## WHAT THE TASK ASKS:
From the first line to the last, retype the data below exactly.

─── EXTRACTED INFORMATION ───

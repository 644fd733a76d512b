//! The command rename: a name moves, with all that lies below it. It finds its refusal from reads alone, weighs
//! what it needs, and plans a draft. Nothing of that is made here.

ghost use Rattle.std.specs.Prelude.{◌≡◌, ◌≢◌, ◌<◌, ◌≤◌, ◌+◌, ◌++◌, ◌^◌, [], ℕ, IsTrue, List, length, take, Option, None, Some, IfSome, IfOk, IfErr};
ghost use Rattle.base_types.specs.Layouts.{longest_name};
ghost use Rattle.lang_tree.specs.declared.command.Cmd.TheVariants.{Rename};
ghost use Rattle.lang_tree.specs.Figures.{growth, release};
ghost use Rattle.lang_tree.specs.Sharing.{none_shared};
ghost use Rattle.lang_tree.specs.Tree.{Tree};
ghost use Rattle.crash_stands.specs.Stands.{IsTreeOf};
ghost use Rattle.crash_stands.specs.Walks.{LeadsTo};
ghost use Rattle.engine_blocks.specs.Calls.{HasTurns};
ghost use Rattle.engine_blocks.specs.State.{reusable_blocks};
ghost use Rattle.fs_files.specs.Calls.{GrowthRefused, LookRefused, files_in, places_in};
ghost use Rattle.fs_files.specs.Content.{fails_reading, fails_settling};
ghost use Rattle.fs_files.specs.Drafts.{nothing_drafted};
ghost use Rattle.fs_files.specs.Effects.{LooksOnly, LooksAndSettles};
ghost use Rattle.fs_files.specs.Shared.{is_kept};
ghost use Rattle.fs_files.specs.Sound.{IsDraftOf};
ghost use Rattle.fs_dirs.specs.Directories.{IsNumber};
ghost use Rattle.fs_commands.specs.Figures.{HasFacts, LosesBlocks};
ghost use Rattle.fs_commands.specs.Looks.{MayBeEntry};
ghost use Rattle.fs_session.specs.Commands.{GrowsInRuns, places_of, IsCalm};
ghost use Rattle.fs_commands.specs.Moving.{IsMove, KnowsMove, MayMoveAway, MayMoveOnto, MayRename, MovesName};
ghost use Rattle.fs_session.specs.declared.unused.NodeUse.TheVariants.{Stays};
ghost use Rattle.fs_session.specs.Plans.{MayBeMade, OnChange, Plans};
ghost use Rattle.fs_commands.specs.Removing.{blocks_gone, use_after};
ghost use Rattle.fs_session.specs.Snapshots.{LeavesSnapshots};
ghost use Rattle.fs_session.specs.Sessions.{MayBegin, MayPlan, Stands, inodes};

───

## SOLUTION FOR THIS TASK:
repository 644fd733a76d512b
//! The command rename: a name moves, with all that lies below it. It finds its refusal from reads alone, weighs
//! what it needs, and plans a draft. Nothing of that is made here.

ghost use Rattle.std.specs.Prelude.{◌≡◌, ◌≢◌, ◌<◌, ◌≤◌, ◌+◌, ◌++◌, ◌^◌, [], ℕ, IsTrue, List, length, take, Option, None, Some, IfSome, IfOk, IfErr};
ghost use Rattle.base_types.specs.Layouts.{longest_name};
ghost use Rattle.lang_tree.specs.declared.command.Cmd.TheVariants.{Rename};
ghost use Rattle.lang_tree.specs.Figures.{growth, release};
ghost use Rattle.lang_tree.specs.Sharing.{none_shared};
ghost use Rattle.lang_tree.specs.Tree.{Tree};
ghost use Rattle.crash_stands.specs.Stands.{IsTreeOf};
ghost use Rattle.crash_stands.specs.Walks.{LeadsTo};
ghost use Rattle.engine_blocks.specs.Calls.{HasTurns};
ghost use Rattle.engine_blocks.specs.State.{reusable_blocks};
ghost use Rattle.fs_files.specs.Calls.{GrowthRefused, LookRefused, files_in, places_in};
ghost use Rattle.fs_files.specs.Content.{fails_reading, fails_settling};
ghost use Rattle.fs_files.specs.Drafts.{nothing_drafted};
ghost use Rattle.fs_files.specs.Effects.{LooksOnly, LooksAndSettles};
ghost use Rattle.fs_files.specs.Shared.{is_kept};
ghost use Rattle.fs_files.specs.Sound.{IsDraftOf};
ghost use Rattle.fs_dirs.specs.Directories.{IsNumber};
ghost use Rattle.fs_commands.specs.Figures.{HasFacts, LosesBlocks};
ghost use Rattle.fs_commands.specs.Looks.{MayBeEntry};
ghost use Rattle.fs_session.specs.Commands.{GrowsInRuns, places_of, IsCalm};
ghost use Rattle.fs_commands.specs.Moving.{IsMove, KnowsMove, MayMoveAway, MayMoveOnto, MayRename, MovesName};
ghost use Rattle.fs_session.specs.declared.unused.NodeUse.TheVariants.{Stays};
ghost use Rattle.fs_session.specs.Plans.{MayBeMade, OnChange, Plans};
ghost use Rattle.fs_commands.specs.Removing.{blocks_gone, use_after};
ghost use Rattle.fs_session.specs.Snapshots.{LeavesSnapshots};
ghost use Rattle.fs_session.specs.Sessions.{MayBegin, MayPlan, Stands, inodes};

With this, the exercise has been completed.